TASK TO COMPLETE ▸
Look for "IsMatrix" in each line of the entries, and return the matching lines.

*** Opening of DATA FOR THIS TASK ***

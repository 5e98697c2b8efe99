//! The product of two blocks, of which each may be transposed first.
ghost use Rattle.std.specs.Prelude.{◌≡◌, IfOk};
ghost use Rattle.cb_matrix.specs.Values.{product};
ghost use Rattle.cb_selections.specs.TurnedProducts.{turned_if, turned_shape, turned_product};

use cb_dcsc::Block;
use cb_product::multiply;
use cb_reshape::transpose;
use cb_semirings::Semiring;
use std::alloc::{AllocError, Global};

/// The product of two blocks. `turn_left` and `turn_right` say whether the first and the second are transposed before. The
/// shapes have to agree after that.
///
/// Costs the product and the transposes.
pub fn multiply_turned<S: Semiring>(
    alloc: Global,
    left: &Block<S>,
    turn_left: bool,
    right: &Block<S>,
    turn_right: bool,
) -> Result<Block<S>, AllocError>
    requires { (turned_shape turn_left left.now.shape).cols ≡ (turned_shape turn_right right.now.shape).rows }
    ensures { IfOk result (λ m. m ≡ turned_product S.arithmetic turn_left turn_right left.now right.now) }
{
    if turn_right {
        let turned = transpose(alloc, right)?;
        return multiply_left(alloc, left, turn_left, &turned);
    }
    multiply_left(alloc, left, turn_left, right)
}

/// The same, if only the first block may be transposed.
fn multiply_left<S: Semiring>(
    alloc: Global,
    left: &Block<S>,
    turn_left: bool,
    right: &Block<S>,
) -> Result<Block<S>, AllocError>
    requires { (turned_shape turn_left left.now.shape).cols ≡ right.now.shape.rows }
    ensures { IfOk result (λ m. m ≡ product S.arithmetic (turned_if S.arithmetic turn_left left.now) right.now) }
{
    if turn_left {
        let turned = transpose(alloc, left)?;
        return multiply(alloc, &turned, right);
    }
    multiply(alloc, left, right)
}
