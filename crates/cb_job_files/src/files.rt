//! The files of a job, and the texts that are loaded from them.
ghost use Rattle.std.specs.Prelude.{◌≡◌, ◌≤◌, ℕ, List, length, vec_len, vec_capacity, IfOk, IfErr, IsErrOf, OnOk};
ghost use Rattle.std.specs.Thread.{IsSync};
ghost use Rattle.cb_job_files.specs.Files.{AreTexts, IsUnloaded, name_at};
ghost use Rattle.cb_job_files.specs.StoredFiles.{HoldsWhole, IsRefused};

use crate::loading::{FileFault, load};
use crate::stored::{FileStore, StoredFile};
use cb_job_ends::texts::Text;
use std::alloc::{AllocError, Global};
use std::thread::Threads;

/// A set of files, found by name.
pub trait FileSource<R: Threads + Sync> {
    /// The file with this name may contain these bytes.
    ghost holds: { Self → List ℕ → List ℕ → Type 0 };

    /// The file with this name may be unreadable.
    ghost refuses: { Self → List ℕ → Type 0 };

    /// Reads all bytes of the file with this name, by at most this many threads.
    fn load(&self, rt: &R, name: &str, threads: u32) -> Result<Text, FileFault>
        requires sync { IsSync R.row }
        ensures bytes { IfOk result (λ t. holds self.now name.now t) }
        ensures refused { IsErrOf result FileFault.Unreadable → refuses self.now name.now };
}

/// Loads the file with this name by at most this many threads.
pub fn load_named<R: Threads + Sync, F: StoredFile, S: FileStore<F>>(
    rt: &R,
    store: &S,
    name: &str,
    threads: u32,
) -> Result<Text, FileFault>
    ensures bytes { IfOk result (HoldsWhole (S.opens store.now name.now) F.gives F.says) }
    ensures refused { IsErrOf result FileFault.Unreadable → IsRefused (S.lacks store.now name.now) (S.opens store.now name.now) F.fails F.gives F.says }
{
    let file = store.open(name)?;
    load(rt, store.alloc(), &file, threads)
}

/// Why the texts of a job can't all be loaded.
#[derive(Clone, Copy)]
pub enum LoadFault {
    /// The file at this position in the list of names can't be read.
    Unreadable(usize),
    /// Memory for the texts, or for their list, was refused.
    Memory,
}

impl From<AllocError> for LoadFault {
    ghost use Rattle.cb_job_files.specs.declared.files.LoadFault.TheVariants.{Memory};

    ghost from_gives = { λ _ e. e ≡ Memory };

    fn from(_error: AllocError) -> LoadFault {
        LoadFault::Memory
    }
}

/// The name at this position, or an empty one.
pub fn name_at(names: &[String], which: usize) -> &str
    ensures { result.now ≡ name_at names.now which }
{
    match names.get(which) {
        Some(name) => name.as_str(),
        None => "",
    }
}

/// Loads the files in the order of their names into a list that is empty and has room for their texts. The first file that
/// can't be read ends it.
fn load_all<F: FileSource<R>, R: Threads + Sync>(
    rt: &R,
    files: &F,
    names: &[String],
    threads: u32,
    texts: &mut Vec<Text>,
) -> Result<(), LoadFault>
    requires empty { vec_len texts.old ≡ 0 }
    requires room { length names.now ≤ vec_capacity texts.old }
    ensures texts { OnOk result (AreTexts (F.holds files.now) names.now texts.new.items) }
    ensures fault { IfErr result (IsUnloaded (F.holds files.now) (F.refuses files.now) names.now) }
{
    for which in 0..names.len() {
        match files.load(rt, name_at(names, which), threads) {
            Ok(text) => texts.push_reserved(text),
            Err(FileFault::Unreadable) => return Err(LoadFault::Unreadable(which)),
            Err(FileFault::Memory) => return Err(LoadFault::Memory),
        }
    }
    Ok(())
}

/// Loads the files in the order of their names. The first file that can't be read ends it.
pub fn texts_of<F: FileSource<R>, R: Threads + Sync>(
    rt: &R,
    alloc: Global,
    files: &F,
    names: &[String],
    threads: u32,
) -> Result<Vec<Text>, LoadFault>
    ensures texts { IfOk result (λ v. AreTexts (F.holds files.now) names.now v.items) }
    ensures fault { IfErr result (IsUnloaded (F.holds files.now) (F.refuses files.now) names.now) }
{
    let mut texts = Vec::with_capacity(alloc, names.len())?;
    load_all(rt, files, names, threads, &mut texts)?;
    Ok(texts)
}
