//! Files that are read at any place, and where they are found by name.
ghost use Rattle.std.specs.Prelude.{◌<◌, ℕ, List, Option, length, take, IfOk, OnErr};
ghost use Rattle.std.specs.Io.{ReadsAtMost};

use std::alloc::Global;

/// A file can't be opened, or can't be read to its end.
#[derive(Clone, Copy)]
pub struct Unreadable;

/// An open file, which can be read from any place on.
pub trait StoredFile: Sync + Drop {
    /// A read from this place on may give these bytes. It gives none only if the file ends there or before.
    ghost gives: { Self → ℕ → List ℕ → Type 0 };

    /// The file may say that it has this many bytes, or not say how many.
    ghost says: { Self → Option ℕ → Type 0 };

    /// A read may fail.
    ghost fails: { Self → Type 0 };

    /// How many bytes the file says it has. `None` if it doesn't say, as a pipe.
    fn length(&self) -> Option<u64>
        ensures { says self.now result };

    /// Reads bytes from this place on, at most as many as there is room for, and returns how many. None only if the file ends
    /// there or before. A file that doesn't say its length is read in order, each time where the last read ended.
    fn read_at(&self, place: u64, into: &mut [u8]) -> Result<usize, Unreadable>
        requires room { 0 < length into.old }
        ensures bound { ReadsAtMost result into.new }
        ensures bytes { IfOk result (λ count. gives self.now place (take count into.new)) }
        ensures fault { OnErr result (fails self.now) };
}

/// Where files are found by name.
pub trait FileStore<F: StoredFile> {
    /// This file may be the one with this name.
    ghost opens: { Self → List ℕ → F → Type 0 };

    /// It may be that no file with this name can be opened.
    ghost lacks: { Self → List ℕ → Type 0 };

    /// Opens the file with this name.
    fn open(&self, name: &str) -> Result<F, Unreadable>
        ensures file { IfOk result (opens self.now name.now) }
        ensures fault { OnErr result (lacks self.now name.now) };

    /// The memory that texts are kept in.
    fn alloc(&self) -> Global;
}
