//! Files that are loaded as texts, in parts where they are long.
//!
//! - `files` has sets of files, found by name, and loads those of a job in order.
//! - `loading` loads a file, a long one by several threads.
//! - `stored` has files that are read at any place, and where they are found.
//! - `system_files` has the files of the system.
#![tactic(auto)]

pub mod files;
pub mod loading;
pub mod stored;
pub mod system_files;
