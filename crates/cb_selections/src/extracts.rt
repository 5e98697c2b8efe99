//! Rows and columns of a block by their numbers.
//!
//! Columns are found one by one. Rows are the columns of the transpose; but where no row is listed twice, each entry's row is
//! looked up instead, in a table with a place for each row of the block. Whether a row is listed can't be predicted, so its
//! entry is written in any case, and the next one over it if it isn't. Where the numbers ascend, the entries of a column stay
//! in order; otherwise they are sorted (`sorted_rows`).
//!
//! The columns of a range of the result are made alone, so that threads can share them.
ghost use Rattle.std.specs.Prelude.{◌≡◌, ℕ, ◌<◌, ◌≤◌, ◌-◌, IsTrue, None, option_copied, length, take, slice_index, All, AllPairs, IfOk, IfSome, OnOk};
ghost use Rattle.cb_semirings.specs.Arithmetic.{IsValue};
ghost use Rattle.cb_matrix.specs.Sparse.{IsMatrix};
ghost use Rattle.cb_matrix.specs.Values.{empty_matrix};
ghost use Rattle.cb_dcsc.specs.Columns.{in_column, rows_of, values_of};
ghost use Rattle.cb_selections.specs.Extracted.{AreBelow, AreFew, columns_between, extracted_between, extracted_by, listed_or_all, rows_by, columns_by};
ghost use Rattle.cb_selections.specs.ListedRows.{HoldPlaces, ArePlaces, IsListed};
ghost use Rattle.cb_selections.specs.RowTables.{IsRowTable};

use crate::column_places::{ColumnPlaces, column_at, places_of_columns};
use crate::sorted_rows::{KeptColumn, write_sorted};
use crate::{expected, shape_of};
use cb_dcsc::Block;
use cb_lists::ascends;
use cb_matrix::LIMIT;
use cb_reshape::transpose;
use cb_semirings::Semiring;
use std::alloc::{AllocError, Global};

/// The most rows of a block for each listed row or entry for which a table of all its rows costs no more than they do.
const ROWS_PER_PLACE: usize = 4;

/// The rows and columns of a block with the given numbers, in that order, or all of them. A number may appear more than once.
///
/// Costs what the columns cost (`extract_columns`), and what the rows cost (`extract_rows`) in these columns. If the numbers of
/// the rows are those of all rows, in order, each costs a comparison.
pub fn extract<S: Semiring>(
    alloc: Global,
    block: &Block<S>,
    rows: Option<&[u32]>,
    cols: Option<&[u32]>,
) -> Result<Block<S>, AllocError>
    requires rows { AreBelow block.now.shape.rows (option_copied rows) }
    requires cols { AreBelow block.now.shape.cols (option_copied cols) }
    requires row_limit { AreFew (option_copied rows) }
    requires column_limit { AreFew (option_copied cols) }
    ensures { IfOk result (λ part. part ≡ extracted_by S.arithmetic (option_copied rows.entry) (option_copied cols.entry) block.now) }
{
    match (rows, cols) {
        (Some(rows), Some(cols)) => both_between(alloc, block, rows, cols, 0, cols.len()),
        (Some(rows), None) => extract_rows(alloc, block, rows),
        (None, Some(cols)) => extract_columns(alloc, block, cols),
        (None, None) => copy(block),
    }
}

/// A copy of a block, which has all its rows and columns.
fn copy<S: Semiring>(block: &Block<S>) -> Result<Block<S>, AllocError>
    ensures { IfOk result (λ whole. whole ≡ extracted_by S.arithmetic None None block.now) }
{
    prove_eq!(block.shape(), block.shape());
    block.try_clone()
}

/// The columns, at the places from `first` up to, but not including, `end` of the list of column numbers, of the matrix of the
/// rows and columns of a block with the given numbers ([`extract`]), in a block of its shape.
///
/// Costs what these columns cost.
pub fn extract_between<S: Semiring>(
    alloc: Global,
    block: &Block<S>,
    rows: Option<&[u32]>,
    cols: &[u32],
    first: usize,
    end: usize,
) -> Result<Block<S>, AllocError>
    requires rows { AreBelow block.now.shape.rows (option_copied rows) }
    requires row_limit { AreFew (option_copied rows) }
    requires column_limit { length cols.now ≤ LIMIT }
    requires order { first ≤ end }
    requires within { end ≤ length cols.now }
    ensures { IfOk result (λ part. part ≡ extracted_between S.arithmetic (listed_or_all (option_copied rows.entry) block.now.shape.rows) cols.now first end block.now) }
{
    match rows {
        Some(rows) => both_between(alloc, block, rows, cols, first, end),
        None => columns_between(alloc, block, cols, first, end),
    }
}

/// The same of listed rows.
fn both_between<S: Semiring>(
    alloc: Global,
    block: &Block<S>,
    rows: &[u32],
    cols: &[u32],
    first: usize,
    end: usize,
) -> Result<Block<S>, AllocError>
    requires rows { All (λ i. i < block.now.shape.rows) rows.now }
    requires row_limit { length rows.now ≤ LIMIT }
    requires column_limit { length cols.now ≤ LIMIT }
    requires order { first ≤ end }
    requires within { end ≤ length cols.now }
    ensures { IfOk result (λ part. part ≡ extracted_between S.arithmetic rows.now cols.now first end block.now) }
{
    if are_all(rows, block.shape().rows()) {
        return columns_between(alloc, block, cols, first, end);
    }
    let found = places_of_columns(alloc, block, &cols[first..end])?;
    if let Some(table) = table_of(alloc, block.shape().rows(), rows, found.entries)? {
        return listed_between(alloc, block, rows, &table, cols, &found, first, end);
    }
    let some = columns_between(alloc, block, cols, first, end)?;
    turned_rows(alloc, &some, rows)
}

/// Whether a table of all rows of a block costs no more than its listed rows or the entries that are looked up.
fn pays_table(height: u32, listed: usize, entries: usize) -> bool {
    height as usize / ROWS_PER_PLACE <= listed.max(entries)
}

/// Where the rows of a block are in a list of rows, of which none is listed twice.
#[derive(Drop)]
struct RowTable {
    places: Vec<u32>,
    ascending: bool,
}

/// The table of listed rows, if it costs no more than they do or the entries that are looked up, and no row is listed twice.
fn table_of(
    alloc: Global,
    height: u32,
    listed: &[u32],
    entries: usize,
) -> Result<Option<RowTable>, AllocError>
    requires rows { All (λ i. i < height) listed.now }
    requires limit { length listed.now ≤ LIMIT }
    ensures { IfOk result (λ table. IfSome table (IsRowTable height listed.now)) }
{
    if !pays_table(height, listed.len(), entries) {
        return Ok(None);
    }
    let places = places_of(alloc, height, listed)?;
    if ascends(listed) {
        return Ok(Some(RowTable {
            places,
            ascending: true,
        }));
    }
    if have_own(listed, &places) {
        return Ok(Some(RowTable {
            places,
            ascending: false,
        }));
    }
    Ok(None)
}

/// The same columns, of the listed rows, by their table.
fn listed_between<S: Semiring>(
    alloc: Global,
    block: &Block<S>,
    listed: &[u32],
    table: &RowTable,
    cols: &[u32],
    found: &ColumnPlaces,
    first: usize,
    end: usize,
) -> Result<Block<S>, AllocError>
    requires row_limit { length listed.now ≤ LIMIT }
    requires column_limit { length cols.now ≤ LIMIT }
    requires table { IsRowTable block.now.shape.rows listed.now table.now }
    requires order { first ≤ end }
    requires within { end ≤ length cols.now }
    requires places { length found.now.places.items ≡ end - first }
    ensures { IfOk result (λ part. part ≡ extracted_between S.arithmetic listed.now cols.now first end block.now) }
{
    let mut out = Block::empty(alloc, shape_of(listed.len() as u32, cols.len() as u32));
    let height = block.shape().rows() as usize;
    out.reserve(expected(found.entries, listed.len(), height))?;
    let mut kept = KeptColumn::new(alloc);
    push_both(
        &mut out, &mut kept, block, listed, table, cols, found, first, end,
    )?;
    Ok(out)
}

/// Stores the listed rows of these columns in an empty block.
fn push_both<S: Semiring>(
    out: &mut Block<S>,
    kept: &mut KeptColumn,
    block: &Block<S>,
    listed: &[u32],
    table: &RowTable,
    cols: &[u32],
    found: &ColumnPlaces,
    first: usize,
    end: usize,
) -> Result<(), AllocError>
    requires matrix { IsMatrix S.arithmetic block.now }
    requires out_matrix { IsMatrix S.arithmetic out.old }
    requires empty { out.old ≡ empty_matrix (record { rows = length listed.now; cols = length cols.now }) }
    requires table { IsRowTable block.now.shape.rows listed.now table.now }
    requires column_limit { length cols.now ≤ LIMIT }
    requires order { first ≤ end }
    requires within { end ≤ length cols.now }
    requires places { length found.now.places.items ≡ end - first }
    ensures { OnOk result (out.new ≡ extracted_between S.arithmetic listed.now cols.now first end block.now) }
{
    for n in first..end {
        let (rows, values) = column_at(block, cols[n], found.places[n - first]);
        let count = keep_listed(kept, rows, values, listed, table)?;
        out.push_column(n as u32, &kept.rows[..count], &kept.values[..count])?;
    }
    Ok(())
}

/// The rows of a block with the given numbers, in that order. A number may appear more than once.
///
/// If the numbers are those of all rows, in order, it costs a copy. If they ascend, it costs a few instructions for each
/// number and each entry of the block; in any other order also a sort of the kept entries of each column, if none is repeated.
/// Otherwise, or if the block has more than four rows for each entry and for each number, it costs a binary search for each
/// number, and two transposes.
pub fn extract_rows<S: Semiring>(
    alloc: Global,
    block: &Block<S>,
    rows: &[u32],
) -> Result<Block<S>, AllocError>
    requires rows { All (λ i. i < block.now.shape.rows) rows.now }
    requires limit { length rows.now ≤ LIMIT }
    ensures { IfOk result (λ part. part ≡ rows_by S.arithmetic rows.now block.now) }
{
    if are_all(rows, block.shape().rows()) {
        return block.try_clone();
    }
    some_rows(alloc, block, rows)
}

/// The rows with the given numbers, by a table or by transposes.
fn some_rows<S: Semiring>(
    alloc: Global,
    block: &Block<S>,
    rows: &[u32],
) -> Result<Block<S>, AllocError>
    requires rows { All (λ i. i < block.now.shape.rows) rows.now }
    requires limit { length rows.now ≤ LIMIT }
    ensures { IfOk result (λ part. part ≡ rows_by S.arithmetic rows.now block.now) }
{
    if let Some(table) = table_of(alloc, block.shape().rows(), rows, block.len())? {
        return listed_rows(alloc, block, rows, &table);
    }
    turned_rows(alloc, block, rows)
}

/// The rows with the given numbers, as columns of the transpose.
fn turned_rows<S: Semiring>(
    alloc: Global,
    block: &Block<S>,
    rows: &[u32],
) -> Result<Block<S>, AllocError>
    requires rows { All (λ i. i < block.now.shape.rows) rows.now }
    requires limit { length rows.now ≤ LIMIT }
    ensures { IfOk result (λ part. part ≡ rows_by S.arithmetic rows.now block.now) }
{
    let turned = transpose(alloc, block)?;
    let some_rows = extract_columns(alloc, &turned, rows)?;
    transpose(alloc, &some_rows)
}

/// Whether numbers are 0, 1, 2 and so on, up to a bound.
fn are_all(numbers: &[u32], bound: u32) -> bool
    ensures count { IsTrue result → length numbers.now ≡ bound }
    ensures order { IsTrue result → (i : ℕ) → i < length numbers.now → slice_index numbers.now i ≡ i }
{
    numbers.len() == bound as usize && count_in_place(numbers, bound) == bound
}

/// How many of this many numbers are those of their places. There is no early exit, so the processor compares several at once.
fn count_in_place(numbers: &[u32], len: u32) -> u32
    requires { length numbers.now ≡ len }
    ensures within { result ≤ len }
    ensures all { result ≡ len → (i : ℕ) → i < len → slice_index numbers.now i ≡ i }
{
    let mut count = 0;
    for n in 0..len {
        if numbers[n as usize] == n {
            count += 1;
        }
    }
    count
}

/// The rows with the given numbers, by their table.
fn listed_rows<S: Semiring>(
    alloc: Global,
    block: &Block<S>,
    listed: &[u32],
    table: &RowTable,
) -> Result<Block<S>, AllocError>
    requires limit { length listed.now ≤ LIMIT }
    requires table { IsRowTable block.now.shape.rows listed.now table.now }
    ensures { IfOk result (λ part. part ≡ rows_by S.arithmetic listed.now block.now) }
{
    let mut out = Block::empty(alloc, shape_of(listed.len() as u32, block.shape().cols()));
    let height = block.shape().rows() as usize;
    out.reserve(expected(block.len(), listed.len(), height))?;
    let mut kept = KeptColumn::new(alloc);
    push_listed(&mut out, &mut kept, block, listed, table)?;
    Ok(out)
}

*** Close of DATA FOR THIS TASK ***

RESPONSE FOR THIS EXERCISE ▸
ghost use Rattle.cb_matrix.specs.Sparse.{IsMatrix};
    requires matrix { IsMatrix S.arithmetic block.now }
    requires out_matrix { IsMatrix S.arithmetic out.old }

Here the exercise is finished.